Commémoration du 10ème anniversaire de la mort de Jorge Semprun


Chers membres de l’ Association des Amis de Semprún

Pour les raisons sanitaires en vigueur, la FAM ne pourra honorer l’invitation de votre président Monsieur Bonsang et assister, ce dimanche 13 juin 2021, à la commémoration  du 10ème anniversaire  de la mort de  Jorge Semprún  au cimetière de Garentreville  où il repose.

Par ces lignes, la FAM voudrait rapprocher les parcours de ces deux hommes, enfants de l’Espagne, défenseurs de la République et exilés en France où ils reposent à jamais.

Jorge Semprun  est né en 1923 alors que Machado avait déjà 48 ans.

Issus l’un et l’autre d’une famille appartenant à l’élite républicaine cultivée, ils ont eu en commun  une éducation humaniste qui leur fera défendre les valeurs de la 2ième République Espagnole.

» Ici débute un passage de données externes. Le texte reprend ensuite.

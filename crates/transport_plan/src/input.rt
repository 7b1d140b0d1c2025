use blob_words::Limits;

/// What a build asks for and what the store holds, in bytes where nothing else is said.
#[derive(Clone, Copy, Debug, PartialEq, Eq)]
pub struct PlanInput {
    /// Own bytes that stand in the line.
    pub embedded: u64,
    /// Own bytes that will be sent.
    pub asked: u64,
    /// The number of pieces of the own bytes.
    pub pieces: u64,
    /// Whether a blob waits for room in memory.
    pub waiting: bool,
    /// Whether pieces may go to page files.
    pub paging: bool,
    /// The bytes of pieces in memory.
    pub memory_used: u64,
    /// The bytes charged to page files.
    pub disk_used: u64,
    pub limits: Limits,
}
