//! Shows calls on what lies outside of the store: files, blob URLs, renderers, page disks and
//! objects. Each line of standard input is a call, and is shown with its answer behind it; one that
//! begins a table anew is not shown. A line that names nothing of these is shown as it is.
#![tactic(auto)]

mod disks;
mod files;
mod folder;
mod memory;
mod objects;
mod outside;
mod renderers;
mod slots;
mod tables;
mod urls;

use crate::outside::Outside;
use std::io;

// Takes a line of standard input.
fn take(rt: &HostRuntime, outside: &mut Outside, line: io::Result<String>) -> anyhow::Result<()> {
    let line = line?;
    outside.call(rt, line.as_str())
}

fn main(rt: HostRuntime) -> anyhow::Result<()> {
    let mut outside = Outside::new(&rt)?;
    for line in rt.lines(rt.alloc()) {
        take(&rt, &mut outside, line)?;
    }
    Ok(())
}
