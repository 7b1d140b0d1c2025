//! One of each of what lies outside of the store.
use crate::disks::Disks;
use crate::tables::Tables;
use crate::{objects, slots};
use case_lines::{call_path, word};
use data_handles::{FileHandle, MemoryHandle};

/// What the lines speak of, each as the lines before left it.
#[derive(Drop)]
pub struct Outside {
    tables: Tables,
    disks: Disks,
    object: MemoryHandle,
    opened: Option<FileHandle>,
}

impl Outside {
    /// Everything empty.
    pub fn new(rt: &HostRuntime) -> anyhow::Result<Outside> {
        Ok(Outside {
            tables: Tables::new(rt.alloc())?,
            disks: Disks::new(rt)?,
            object: objects::new_object(rt.alloc(), "", "-")?,
            opened: None,
        })
    }

    /// Makes the call of a line, and shows its answer.
    pub fn call(&mut self, rt: &HostRuntime, line: &str) -> anyhow::Result<()> {
        match word(line, 0) {
            "files" | "urls" | "renderers" => self.tables.call(rt, line),
            "memory" | "folder" => self.disks.call(rt, line),
            "path" => Ok(call_path(rt, line)?),
            "object" => objects::call_memory(rt, &mut self.object, line),
            "opened" => Ok(objects::call_file(rt, &mut self.opened, line)?),
            "slots" => slots::call(rt, line),
            _ => Ok(println!(rt; "{line}")?),
        }
    }
}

Tous deux ont pris le chemin de l’exil vers la France en 1939 :  Machado s’est éteint à Collioure :
« Machado dort à Collioure / Trois pas suffirent hors d’Espagne/…Et ferma les yeux pour toujours. »

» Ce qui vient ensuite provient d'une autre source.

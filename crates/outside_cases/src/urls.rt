//! Calls on a store of blob URLs.
use blob_words::{BlobName, Octets, Origin, RendererId, UrlText};
use case_lines::{number, short_number, show, word};
use std::alloc::Global;
use std::io;
use url_store::UrlStore;

fn origin(alloc: Global, text: &str) -> anyhow::Result<Origin> {
    Ok(Origin::new(Octets::from_slice(alloc, text.as_bytes())?)?)
}

fn url(alloc: Global, text: &str) -> anyhow::Result<UrlText> {
    Ok(UrlText::new(Octets::from_slice(alloc, text.as_bytes())?)?)
}

// Adds a URL of a number; whether it was taken.
fn add_one(
    alloc: Global,
    urls: &mut UrlStore,
    origin: &Origin,
    number: u32,
    owners: u32,
) -> anyhow::Result<bool> {
    let text = format!(in alloc; "blob:https://a.test/00000000-0000-0000-0000-{number:012x}")?;
    let url = url(alloc, text.as_str())?;
    let owner = RendererId(number.checked_rem(owners).unwrap_or(0));
    let blob = BlobName::from_number(u128::from(number));
    Ok(urls.add(owner, origin, blob, &url).is_ok())
}

// Adds so many URLs, dealt out among so many renderers, and counts those that were taken.
fn fill(alloc: Global, urls: &mut UrlStore, count: u32, owners: u32) -> anyhow::Result<u32> {
    let origin = origin(alloc, "https://a.test")?;
    let mut added = 0u32;
    for number in 0..count {
        if add_one(alloc, urls, &origin, number, owners)? {
            added = added.saturating_add(1);
        }
    }
    Ok(added)
}

// Takes the URLs of so many renderers out, and counts them.
fn empty(urls: &mut UrlStore, owners: u32, each: u32) -> u32 {
    let mut taken = 0u32;
    for owner in 0..owners {
        for _ in 0..each {
            if urls.remove_owner(RendererId(owner)).is_some() {
                taken = taken.saturating_add(1);
            }
        }
    }
    taken
}

// Makes a call on a URL, with a renderer and a blob.
fn call_on(
    rt: &HostRuntime,
    urls: &mut UrlStore,
    origin: &Origin,
    text: &UrlText,
    line: &str,
) -> io::Result<()> {
    let owner = RendererId(short_number(line, 2));
    let blob = BlobName::from_number(u128::from(number(line, 3)));
    match word(line, 1) {
        "add" => show(rt, line, &urls.add(owner, origin, blob, text)),
        "resolve" => show(rt, line, &urls.resolve(origin, text)),
        "remove" => show(rt, line, &urls.remove(owner, text)),
        _ => show(rt, line, &"no such call"),
    }
}

// Makes a call with an origin and a URL.
fn call_with_url(rt: &HostRuntime, urls: &mut UrlStore, line: &str) -> anyhow::Result<()> {
    let origin = origin(rt.alloc(), word(line, 4))?;
    let text = url(rt.alloc(), word(line, 5))?;
    Ok(call_on(rt, urls, &origin, &text, line)?)
}

/// Makes a call on a store of blob URLs, with a renderer, a blob, an origin and a URL; or with two
/// counts.
pub fn call(rt: &HostRuntime, urls: &mut UrlStore, line: &str) -> anyhow::Result<()> {
    let (one, two) = (short_number(line, 2), short_number(line, 3));
    let shown = match word(line, 1) {
        "new" => {
            *urls = UrlStore::new(rt.alloc())?;
            Ok(())
        }
        "remove_owner" => show(rt, line, &urls.remove_owner(RendererId(one))),
        "fill" => show(rt, line, &fill(rt.alloc(), urls, one, two)?),
        "empty" => show(rt, line, &empty(urls, one, two)),
        "count" => show(rt, line, &urls.count()),
        _ => return call_with_url(rt, urls, line),
    };
    Ok(shown?)
}
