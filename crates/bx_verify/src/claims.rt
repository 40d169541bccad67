//! What a certificate claims of the order: that its ratios are the first ones.
ghost use Rattle.std.specs.Prelude.{◌≡◌, ◌↔◌, IsTrue, Some, slice_get};
ghost use Rattle.bx_bounds.specs.Numbers.{IsLeast};
ghost use Rattle.bx_grid.specs.Orders.{AreLimits, order};
ghost use Rattle.bx_verify.specs.Failing.{IsOff, named};

use bx_cert::Section;
use bx_grid::{Limits, Ratio, Ratios};

/// The first index at which the ratios that a certificate names, those of its sections and then the found one, aren't
/// those of the order within its limits, or none where they are all. It looks no further than the order goes.
pub(crate) fn first_off(limits: Limits, sections: &[Section], found: Ratio) -> Option<u64>
    requires { AreLimits limits }
    ensures { IsLeast (IsOff (order limits) (named sections.now found)) result }
{
    let ratios = Ratios::new(limits);
    for (k, section) in sections.iter().enumerate() {
        if !is_at(&ratios, k as u64, section.ratio) {
            return Some(k as u64);
        }
    }
    let end = sections.len() as u64;
    if is_at(&ratios, end, found) {
        None
    } else {
        Some(end)
    }
}

// Whether the ratio stands at this index.
fn is_at(ratios: &Ratios, k: u64, ratio: Ratio) -> bool
    ensures { IsTrue result ↔ (slice_get ratios.now k ≡ Some ratio) }
{
    k < ratios.len() && is_same(ratios.at(k), ratio)
}

/// Whether two ratios have the same sides.
pub(crate) fn is_same(one: Ratio, other: Ratio) -> bool
    ensures { IsTrue result ↔ (one ≡ other) }
{
    one.w == other.w && one.h == other.h
}
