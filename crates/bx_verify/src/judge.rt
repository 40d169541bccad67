//! The verdict, part by part.
ghost use Rattle.std.specs.Prelude.{◌≡◌, ◌≢◌, ◌≤◌, ℕ, length, IfOk, Ok, Err};
ghost use Rattle.bx_grid.specs.declared.ratio.Ratio.{Ratio};
ghost use Rattle.bx_map.specs.Maps.{mapping_of};
ghost use Rattle.bx_map.specs.declared.map.MapFault.{MapFault};
ghost use Rattle.bx_verify.specs.Answers.{IsAnswer, IsMapped, IsUnmapped, IsVerdict};
ghost use Rattle.bx_verify.specs.Failing.{OfFound, NoneFails, IsFirstToFail};
ghost use Rattle.bx_verify.specs.Meaning.{IsMinimal, Means, Shows};
ghost use Rattle.bx_verify.specs.declared.verdict.Part.{Part};

use crate::claims::first_off;
use crate::fault::VerifyFault;
use crate::places::wrong_design;
use crate::refuted::{first_unproved, permit_for};
use crate::verdict::{Part, Verdict};
use bx_cert::{Cert, CertLast};
use bx_encode::MOST_NODES;
use bx_layout::Permit;
use bx_library::Library;
use bx_logic::{Net, NoMemory};
use bx_map::map_net;
use bx_network::MappedNet;
use bx_siqad::Design;
use std::alloc::Global;
use std::thread::Threads;

/// Whether a design and its certificate are right for a net and a library: the found ratio, where no part of them
/// fails, and else the first part that does, with its number. One formula at a time is held.
///
/// # Errors
///
/// `Map` with why the net has no mapped network of at most [`MOST_NODES`] nodes, or `NoMemory`.
pub fn verify<T: Threads + Sync>(
    threads: &T,
    alloc: Global,
    net: &Net,
    library: &Library,
    design: &Design,
    cert: &Cert,
    workers: u32,
) -> Result<Verdict, VerifyFault>
    requires workers { (1 ≤ workers) × (workers ≤ 16) }
    // The found ratio is told exactly where no part fails.
    ensures minimal_only { (r : Ratio) → result ≡ Ok (Verdict.Minimal r) →
        OfFound cert.now.last (λ found spots. found ≡ r)
        × NoneFails (mapping_of net.now) library.now design.now cert.now }
    ensures minimal { (r : Ratio) → IsMapped net.now →
        OfFound cert.now.last (λ found spots. found ≡ r) →
        NoneFails (mapping_of net.now) library.now design.now cert.now →
        result ≢ Err VerifyFault.NoMemory → result ≡ Ok (Verdict.Minimal r) }
    // What is wrong is the first part that fails, with its number.
    ensures wrong_only { (part : Part) (k : ℕ) → result ≡ Ok (Verdict.Wrong part k) →
        IsFirstToFail (mapping_of net.now) library.now design.now cert.now part k }
    ensures wrong { (part : Part) (k : ℕ) → IsMapped net.now →
        IsFirstToFail (mapping_of net.now) library.now design.now cert.now part k →
        result ≢ Err VerifyFault.NoMemory → result ≡ Ok (Verdict.Wrong part k) }
    // A net without a network is told as such.
    ensures map_only { (fault : MapFault) → result ≡ Err (VerifyFault.Map fault) →
        IsUnmapped net.now fault }
    ensures map { (fault : MapFault) → IsUnmapped net.now fault →
        result ≢ Err VerifyFault.NoMemory → result ≡ Err (VerifyFault.Map fault) }
    // What minimal means, whoever made the design and the certificate.
    ensures means { (r : Ratio) → result ≡ Ok (Verdict.Minimal r) →
        IsMinimal net.now library.now design.now cert.now r }
{
    answer(threads, alloc, net, library, design, cert, workers)
}

// The answer, which is one.
fn answer<T: Threads + Sync>(
    threads: &T,
    alloc: Global,
    net: &Net,
    library: &Library,
    design: &Design,
    cert: &Cert,
    workers: u32,
) -> Result<Verdict, VerifyFault>
    requires workers { (1 ≤ workers) × (workers ≤ 16) }
    ensures is { IsAnswer net.now library.now design.now cert.now result }
    ensures means { IfOk result (Means net.now library.now design.now cert.now) }
{
    let network = map_net(alloc, net, MOST_NODES)?;
    Ok(judge(threads, alloc, &network, library, design, cert, workers)?)
}

// The first part that fails, or the found ratio where none does.
fn judge<T: Threads + Sync>(
    threads: &T,
    alloc: Global,
    net: &MappedNet,
    library: &Library,
    design: &Design,
    cert: &Cert,
    workers: u32,
) -> Result<Verdict, NoMemory>
    requires nodes { length net.now.nodes ≤ MOST_NODES }
    requires workers { (1 ≤ workers) × (workers ≤ 16) }
    ensures verdict { IfOk result (IsVerdict net.now library.now design.now cert.now) }
    ensures shown { IfOk result (Shows net.now library.now design.now cert.now) }
{
    // (known from here on: the net is a network)
    let _nodes = net.node_count();
    let sections = cert.sections().as_slice();
    let end = sections.len() as u64;
    let CertLast::Found(ratio, spots) = cert.last() else {
        return Ok(Verdict::Wrong(Part::Last, end));
    };
    if let Some(k) = first_off(cert.limits(), sections, *ratio) {
        return Ok(Verdict::Wrong(Part::Missing, k));
    }
    let permit = permit_for(library);
    if let Some(k) = first_unproved(threads, alloc, net, &permit, sections, workers)? {
        return Ok(Verdict::Wrong(Part::Proof, k));
    }
    let places = spots.as_slice();
    match wrong_design(alloc, net, library, design, *ratio, places)? {
        Some(part) => Ok(Verdict::Wrong(part, end)),
        None => Ok(Verdict::Minimal(*ratio)),
    }
}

C’est la fin d’une vie d’écriture et d’engagement pour Machado dont la figure prendra une dimension importante au sein de l’Exil républicain ; l’attachement à la patrie exprimée dans sa prose et sa poésie seront un lien entre les exilés.

Pour Semprún en revanche, l’exil sera le début d’un engagement sans écriture. Alors que depuis toujours il avait voulu être écrivain, il a dû choisir entre « l’écriture ou la vie » et durant 17 ans il a choisi la vie ; une vie d’engagement politique qui l’a conduit à sa déportation à Buchenwald, puis à la clandestinité durant cette période tragique du XXème siècle.

Semprun a accepté de revenir en Espagne, comme ministre de la culture sous le gouvernement de Felipe González de 1988 à 1991. Après la mort du dictateur Franco, comment résister à l’espoir d’une société nouvelle où la fraternité régnerait ?

Le 11 mai 1989, il a inauguré, es-qualité, le premier colloque sur Machado qui s’est tenu à Madrid à la Casa de Velásquez : « Machado 1939-1989 ».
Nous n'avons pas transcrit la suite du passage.